== Aim of the task ==
Which lines below contain "IsAt"? Copy every one of them.

== Records from a dataset ==

---------------

impl<
    K: Eq + Hash,
    V,
    X: Expiry<K, V>,
    L: Listener<K, V>,
    P: PredicateFn<K, V>,
    W: Weigher<K, V>,
    S: BuildHasher,
> SegmentedCache<K, V, X, L, P, W, S> {
    ghost use Rattle.std.specs.Borrow.{sem};
    ghost use Rattle.moka_segments.specs.Lending.{LendsSegment};

    /// The cache of these segments, as many as the router knows.
    pub fn from_parts(router: Router<S>, segments: Vec<Cache<K, V, X, L, P, W, S>>) -> Self
        requires { length segments.items ≡ router.count }
        ensures { result ≡ record { routing = router; segments = segments.items } }
    {
        SegmentedCache { router, segments }
    }

    /// The router and the segments, so that each segment can have a lock of its own.
    ///
    /// Each key is to stay in the segment that the router names, or it is not found.
    pub fn into_parts(self) -> (Router<S>, Vec<Cache<K, V, X, L, P, W, S>>)
        ensures router { result.0 ≡ self.routing }
        ensures segments { result.1.items ≡ self.segments }
        ensures as_many { length result.1.items ≡ result.0.count }
    {
        let SegmentedCache { router, segments } = self;
        (router, segments)
    }

    /// The router, which names the segment of each key.
    pub fn router(&self) -> &Router<S>
        ensures { result.now ≡ self.now.routing }
    {
        &self.router
    }

    /// The segment at `index`, which must be less than the number of segments (`router().count()`).
    pub fn segment(&self, index: usize) -> &Cache<K, V, X, L, P, W, S>
        requires { index < length self.now.segments }
        ensures { IsAt self.now.segments index result.now }
    {
        &self.segments[index]
    }

    /// The segment at `index`, less than the number of segments, for calls that this cache does not have: entry calls,
    /// those for many keys or by a test of the key, snapshots, `set_max_capacity`:
    ///
    /// ```text
    /// let own = cache.segment_of(&key);
    /// let entry = cache.segment_mut(own).entry(key).or_insert(value, now, &mut clock)?;
    /// ```
    ///
    /// Each key is to stay in the segment that it belongs to, or it is not found.
    pub fn segment_mut(&mut self, index: usize) -> &mut Cache<K, V, X, L, P, W, S>
        requires { index < length self.old.segments }
        ensures* lends { sem 𝓛 (LendsSegment K.row V.row X.row L.row P.row W.row S.row S.Hasher.row
            K.PartialEq K.Hash.own X.Expiry S.BuildHasher S.Hasher.Hasher self.entry index result) }
        ensures is { IsAt self.old.segments index result.now }
    {
        &mut self.segments[index]
    }

    // The segment that a key belongs to.
    fn own_segment(&mut self, key: &K) -> &mut Cache<K, V, X, L, P, W, S>
        ensures* lends { sem 𝓛 (LendsSegment K.row V.row X.row L.row P.row W.row S.row S.Hasher.row
            K.PartialEq K.Hash.own X.Expiry S.BuildHasher S.Hasher.Hasher self.entry
            (segment_of self.old.routing.count
            (key_hash S.BuildHasher S.Hasher.Hasher self.old.routing.hasher (K.hash_input key.now))) result) }
        ensures is { IsAt self.old.segments (segment_of self.old.routing.count
            (key_hash S.BuildHasher S.Hasher.Hasher self.old.routing.hasher (K.hash_input key.now))) result.now }
    {
        select_mut(&mut self.segments, &self.router, key)
    }

    // The first segment: a router knows of one at least.
    pub(crate) fn first(&self) -> &Cache<K, V, X, L, P, W, S>
        ensures { IsAt self.now.segments 0 result.now }
    {
        let _count = self.router.count();
        &self.segments[0]
    }

    /// The index of the segment that a key belongs to.
    pub fn segment_of(&self, key: &K) -> usize
        ensures place { result ≡ segment_of self.now.routing.count
            (key_hash S.BuildHasher S.Hasher.Hasher self.now.routing.hasher (K.hash_input key.now)) }
        ensures within { result < length self.now.segments }
    {
        let _ = &self.segments;
        self.router.segment_of(key)
    }

    /// Whether a key is there and visible at the moment `now`. Nothing is recorded.
    pub fn contains_key(&self, key: &K, now: Instant) -> bool
        ensures { Holds (segment_of self.now.routing.count
            (key_hash S.BuildHasher S.Hasher.Hasher self.now.routing.hasher (K.hash_input key.now)))
            (λ s. ContainsStep P.says K.eq s.engine.state key.now now.0 result) self.now.segments }
    {
        let index = self.segment_of(key);
        self.segment(index).contains_key(key, now)
    }

    /// Puts a value under a key at the moment `now`, in place of one that is there. A segment of capacity 0 drops both.
    ///
    /// # Errors
    /// `NumbersUsedUp` if too few tickets are left, or `OutOfMemory`. Key and value come back; nothing has changed.
    pub fn insert<C: Clock>(
        &mut self,
        key: K,
        value: V,
        now: Instant,
        clock: &mut C,
    ) -> Result<(), InsertRefused<K, V>>
    where
        K: Drop,
        V: Drop,
        P: Drop,
        ensures step { StepsIn (segment_of self.old.routing.count
            (key_hash S.BuildHasher S.Hasher.Hasher self.old.routing.hasher (K.hash_input key)))
            (Inserts (meaning_of K.eq L.tells P.says W.weighs C.reads X.created X.read X.updated)
            (λ h k. key_hash S.BuildHasher S.Hasher.Hasher h (K.hash_input k)) key now clock.old clock.new value result)
            self.old self.new }
        ensures back { IfErr result (λ refused. (refused.key ≡ key) × (refused.value ≡ value)) }
    {
        insert_into_own(&mut self.segments, &self.router, key, value, now, clock)
    }

    /// A clone of a key's value, if the key is there and visible at the moment `now`. The read is queued.
    ///
    /// # Errors
    /// `OutOfMemory` if memory for the clone is refused. Nothing has changed.
    pub fn get<C: Clock>(
        &mut self,
        key: &K,
        now: Instant,
        clock: &mut C,
    ) -> Result<Option<V>, OutOfMemory>
    where
        K: Clone + Drop,
        V: Clone + Drop,
        P: Drop,
        ensures step { StepsIn (segment_of self.old.routing.count
            (key_hash S.BuildHasher S.Hasher.Hasher self.old.routing.hasher (K.hash_input key.now)))
            (Gets (meaning_of K.eq L.tells P.says W.weighs C.reads X.created X.read X.updated)
            (λ h k. key_hash S.BuildHasher S.Hasher.Hasher h (K.hash_input k)) key.now now clock.old
            clock.new V.is_clone result)
            self.old self.new }
        ensures succeeds { StepsIn (segment_of self.old.routing.count
            (key_hash S.BuildHasher S.Hasher.Hasher self.old.routing.hasher (K.hash_input key.now)))
            (λ old new. CanHandOutValue V.is_infallible (record_of_key K.eq old.engine.state.records key.now)
            → IsOk result) self.old self.new }
    {
        self.own_segment(key).get(key, now, clock)
    }

    /// Takes a key out, and hands its value out, expired or not. The listener, if one is set, is notified.
    ///
    /// # Errors
    /// `NotTold`, with the value, if a listener is set and memory for a clone is refused. The entry is gone all the
    /// same.
    pub fn remove<C: Clock>(
        &mut self,
        key: &K,
        now: Instant,
        clock: &mut C,
    ) -> Result<Option<V>, NotTold<V>>
    where
        K: Clone + Drop,
        V: Clone + Drop,
        P: Drop,
        ensures step { StepsIn (segment_of self.old.routing.count
            (key_hash S.BuildHasher S.Hasher.Hasher self.old.routing.hasher (K.hash_input key.now)))
            (Removes (meaning_of K.eq L.tells P.says W.weighs C.reads X.created X.read X.updated)
            (λ h k. key_hash S.BuildHasher S.Hasher.Hasher h (K.hash_input k)) key.now now clock.old clock.new
            K.is_clone V.is_clone (λ taken. result ≡ removed taken))
            self.old self.new }
        ensures succeeds { StepsIn (segment_of self.old.routing.count
            (key_hash S.BuildHasher S.Hasher.Hasher self.old.routing.hasher (K.hash_input key.now)))
            (λ old new. CanNotify K.is_infallible V.is_infallible old.engine.state.settings.listening
            (record_of_key K.eq old.engine.state.records key.now) → IsOk result) self.old self.new }
        ensures value { StepsIn (segment_of self.old.routing.count
            (key_hash S.BuildHasher S.Hasher.Hasher self.old.routing.hasher (K.hash_input key.now)))
            (λ old new. taken_out result
            ≡ option_map (λ r. r.value) (record_of_key K.eq old.engine.state.records key.now))
            self.old self.new }
    {
        self.own_segment(key).remove(key, now, clock)
    }

    /// As `remove`, without the value.
    ///
    /// # Errors
    /// As `remove`.
    pub fn invalidate<C: Clock>(
        &mut self,
        key: &K,
        now: Instant,
        clock: &mut C,
    ) -> Result<(), NotTold<V>>
    where
        K: Clone + Drop,
        V: Clone + Drop,
        P: Drop,
        ensures step { StepsIn (segment_of self.old.routing.count
            (key_hash S.BuildHasher S.Hasher.Hasher self.old.routing.hasher (K.hash_input key.now)))
            (Removes (meaning_of K.eq L.tells P.says W.weighs C.reads X.created X.read X.updated)
            (λ h k. key_hash S.BuildHasher S.Hasher.Hasher h (K.hash_input k)) key.now now clock.old clock.new
            K.is_clone V.is_clone (λ taken. result ≡ invalidated taken))
            self.old self.new }
        ensures succeeds { StepsIn (segment_of self.old.routing.count
            (key_hash S.BuildHasher S.Hasher.Hasher self.old.routing.hasher (K.hash_input key.now)))
            (λ old new. CanNotify K.is_infallible V.is_infallible old.engine.state.settings.listening
            (record_of_key K.eq old.engine.state.records key.now) → IsOk result) self.old self.new }
    {
        self.own_segment(key).invalidate(key, now, clock)
    }

    /// A clone of a key's value, if the key is there and visible at the moment `now`. Otherwise `init` is called, and
    /// the value that it returns is inserted and a clone of it handed out.
    ///
    /// # Errors
    /// As the synchronous cache's call of this name.
    pub fn get_with<F: FnOnce() -> V, C: Clock>(
        &mut self,
        key: K,
        init: F,
        now: Instant,
        clock: &mut C,
    ) -> Result<V, GetWithRefused<K, V>>
    where
        K: Clone + Drop,
        V: Clone + Drop,
        P: Drop,
        requires callable { HoldsIfThere (segment_of self.old.routing.count
            (key_hash S.BuildHasher S.Hasher.Hasher self.old.routing.hasher (K.hash_input key)))
            (λ s. ContainsStep P.says K.eq s.engine.state key now.0 false → F.pre init) self.old.segments }
        ensures step { StepsIn (segment_of self.old.routing.count
            (key_hash S.BuildHasher S.Hasher.Hasher self.old.routing.hasher (K.hash_input key)))
            (GetsWith (meaning_of K.eq L.tells P.says W.weighs C.reads X.created X.read X.updated)
            (λ h k. key_hash S.BuildHasher S.Hasher.Hasher h (K.hash_input k)) key now clock.old clock.new
            V.is_clone (F.post init) result)
            self.old self.new }
        ensures looks_up { StepsIn (segment_of self.old.routing.count
            (key_hash S.BuildHasher S.Hasher.Hasher self.old.routing.hasher (K.hash_input key)))
            (λ old new. CanHandOutValue V.is_infallible (record_of_key K.eq old.engine.state.records key)
            → IfErr result IsOfInsert) self.old self.new }
        ensures disabled { StepsIn (segment_of self.old.routing.count
            (key_hash S.BuildHasher S.Hasher.Hasher self.old.routing.hasher (K.hash_input key)))
            (λ old new. is_disabled old.engine.state.capacity ≡ true
            → IfErr result (IsOfClone (λ _. ⊤) V.is_infallible)) self.old self.new }
    {
        self.own_segment(&key).get_with(key, init, now, clock)
    }

    /// As `get_with`, for an `init` that may return `None`: then nothing is inserted, and `None` is returned.
    ///
    /// # Errors
    /// As `get_with`.
    pub fn optionally_get_with<F: FnOnce() -> Option<V>, C: Clock>(
        &mut self,
        key: K,
        init: F,
        now: Instant,
        clock: &mut C,
    ) -> Result<Option<V>, GetWithRefused<K, V>>
    where
        K: Clone + Drop,
        V: Clone + Drop,
        P: Drop,
        requires callable { HoldsIfThere (segment_of self.old.routing.count
            (key_hash S.BuildHasher S.Hasher.Hasher self.old.routing.hasher (K.hash_input key)))
            (λ s. ContainsStep P.says K.eq s.engine.state key now.0 false → F.pre init) self.old.segments }
        ensures step { StepsIn (segment_of self.old.routing.count
            (key_hash S.BuildHasher S.Hasher.Hasher self.old.routing.hasher (K.hash_input key)))
            (GetsWithIfMade (meaning_of K.eq L.tells P.says W.weighs C.reads X.created X.read X.updated)
            (λ h k. key_hash S.BuildHasher S.Hasher.Hasher h (K.hash_input k)) key now clock.old clock.new
            V.is_clone (F.post init) result)
            self.old self.new }
        ensures looks_up { StepsIn (segment_of self.old.routing.count
            (key_hash S.BuildHasher S.Hasher.Hasher self.old.routing.hasher (K.hash_input key)))
            (λ old new. CanHandOutValue V.is_infallible (record_of_key K.eq old.engine.state.records key)
            → IfErr result IsOfInsert) self.old self.new }
        ensures disabled { StepsIn (segment_of self.old.routing.count
            (key_hash S.BuildHasher S.Hasher.Hasher self.old.routing.hasher (K.hash_input key)))
            (λ old new. is_disabled old.engine.state.capacity ≡ true
            → IfErr result (IsOfClone (λ _. ⊤) V.is_infallible)) self.old self.new }
    {
        self.own_segment(&key)
            .optionally_get_with(key, init, now, clock)
    }

    /// As `get_with`, for an `init` that may fail: then nothing is inserted, and its error is returned.
    ///
    /// # Errors
    /// The outer error as `get_with`; the inner one is the maker's.
    pub fn try_get_with<E, F: FnOnce() -> Result<V, E>, C: Clock>(
        &mut self,
        key: K,
        init: F,
        now: Instant,
        clock: &mut C,
    ) -> Result<Result<V, E>, GetWithRefused<K, V>>
    where
        K: Clone + Drop,
        V: Clone + Drop,
        P: Drop,
        requires callable { HoldsIfThere (segment_of self.old.routing.count
            (key_hash S.BuildHasher S.Hasher.Hasher self.old.routing.hasher (K.hash_input key)))
            (λ s. ContainsStep P.says K.eq s.engine.state key now.0 false → F.pre init) self.old.segments }
        ensures step { StepsIn (segment_of self.old.routing.count
            (key_hash S.BuildHasher S.Hasher.Hasher self.old.routing.hasher (K.hash_input key)))
            (GetsWithIfNoError (meaning_of K.eq L.tells P.says W.weighs C.reads X.created X.read X.updated)
            (λ h k. key_hash S.BuildHasher S.Hasher.Hasher h (K.hash_input k)) key now clock.old clock.new
            V.is_clone (F.post init) result)
            self.old self.new }
        ensures looks_up { StepsIn (segment_of self.old.routing.count
            (key_hash S.BuildHasher S.Hasher.Hasher self.old.routing.hasher (K.hash_input key)))
            (λ old new. CanHandOutValue V.is_infallible (record_of_key K.eq old.engine.state.records key)
            → IfErr result IsOfInsert) self.old self.new }
        ensures disabled { StepsIn (segment_of self.old.routing.count
            (key_hash S.BuildHasher S.Hasher.Hasher self.old.routing.hasher (K.hash_input key)))
            (λ old new. is_disabled old.engine.state.capacity ≡ true
            → IfErr result (IsOfClone (λ _. ⊤) V.is_infallible)) self.old self.new }
    {
        self.own_segment(&key).try_get_with(key, init, now, clock)
    }
}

---------------

== Reply to the exercise ==
        ensures { IsAt self.now.segments index result.now }
        ensures is { IsAt self.old.segments index result.now }
        ensures is { IsAt self.old.segments (segment_of self.old.routing.count
        ensures { IsAt self.now.segments 0 result.now }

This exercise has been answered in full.